# NCEES Problem 126



## pete25 (Sep 17, 2007)

Guys

Please explain the solution to problem 126. What is rectangular approximation?

Pete


----------



## benbo (Sep 17, 2007)

I don't have my book. Could you explain a little? Otherwise, I'll get back tonight if nobody else does first.


----------



## pete25 (Sep 17, 2007)

benbo said:


> I don't have my book. Could you explain a little? Otherwise, I'll get back tonight if nobody else does first.


Benbo

The question gives you a Zener Diode with Breakdown voltage of 5.1 and is ideal. They are asking for the average value of the output voltage. Solution is Vout= 5.1/2= 2.55 if rectangular approx is used. Is this the average value of a rectangular funcion?


----------



## benbo (Sep 17, 2007)

If I recall correctly this circuit had an AC input, so for part of the waveform the zener was conducting, so zero voltage, and part of the waveform it was in reverse breakdown so the voltage was 5.1, so the average over the entire waveform was like you said, 5.1/2. I think the "rectangular approximation" means to assume sharp lines in the output, instead of the typical diode type waveforms - so either the voltage is 5.1 or zero. Don't worry about sloping transitional voltages or anything like that. Or something like that. I'm sure you'll get a clearer explanation, if not I'll do it when I get home.


----------



## mudpuppy (Sep 17, 2007)

I don't have the book, but I think I remember the problem. IIRC, they give you a plot of the output voltage. It looks like a half-wave recitified sinusoid, but the beginning of each "hump" of the sinusoid is chopped off due to the biasing voltage. The average value of the output will be 1/t * the integral of the voltage over one period (t). Rather than try to integrate that waveform, they're telling you to approximate it with a square wave of the same amplitude. The average value of a square wave is just the amplitude/2 because the wave is zero for half the period.

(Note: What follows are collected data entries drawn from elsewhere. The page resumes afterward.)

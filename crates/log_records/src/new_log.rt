// What a new log will be: how many commands stand before its base, and the lengths of its blocks.
#[derive(Drop)]
pub struct NewLog {
    pub commands: u64,
    pub lengths: Vec<u32>,
}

At least, that's how I remember it. Benbo can probably give a better explanation.


----------



## Flyer_PE (Sep 17, 2007)

I just took a look at the book. Benbo and Mudpuppy are dead on correct. All they are doing by using the rectangular approximation is blowing off integrating the edges of the wave form. When you do that, you simplify the math considerably and still get enough resolution to correctly answer the question.

Jim


----------



## jdd18vm (Sep 17, 2007)

Im all for blowing off Integrating. Good explanation guys.


----------



## BamaBino (Apr 20, 2011)

Would the following problem be "in-bounds" for the Power exam?

find the RMS value of a sine-wave 10V peak-to-peak, chopped at 65%

Thanks


----------



## Flyer_PE (Apr 20, 2011)

Given the sample problem discussed in this thread, I would think a question like that would be in bounds.


----------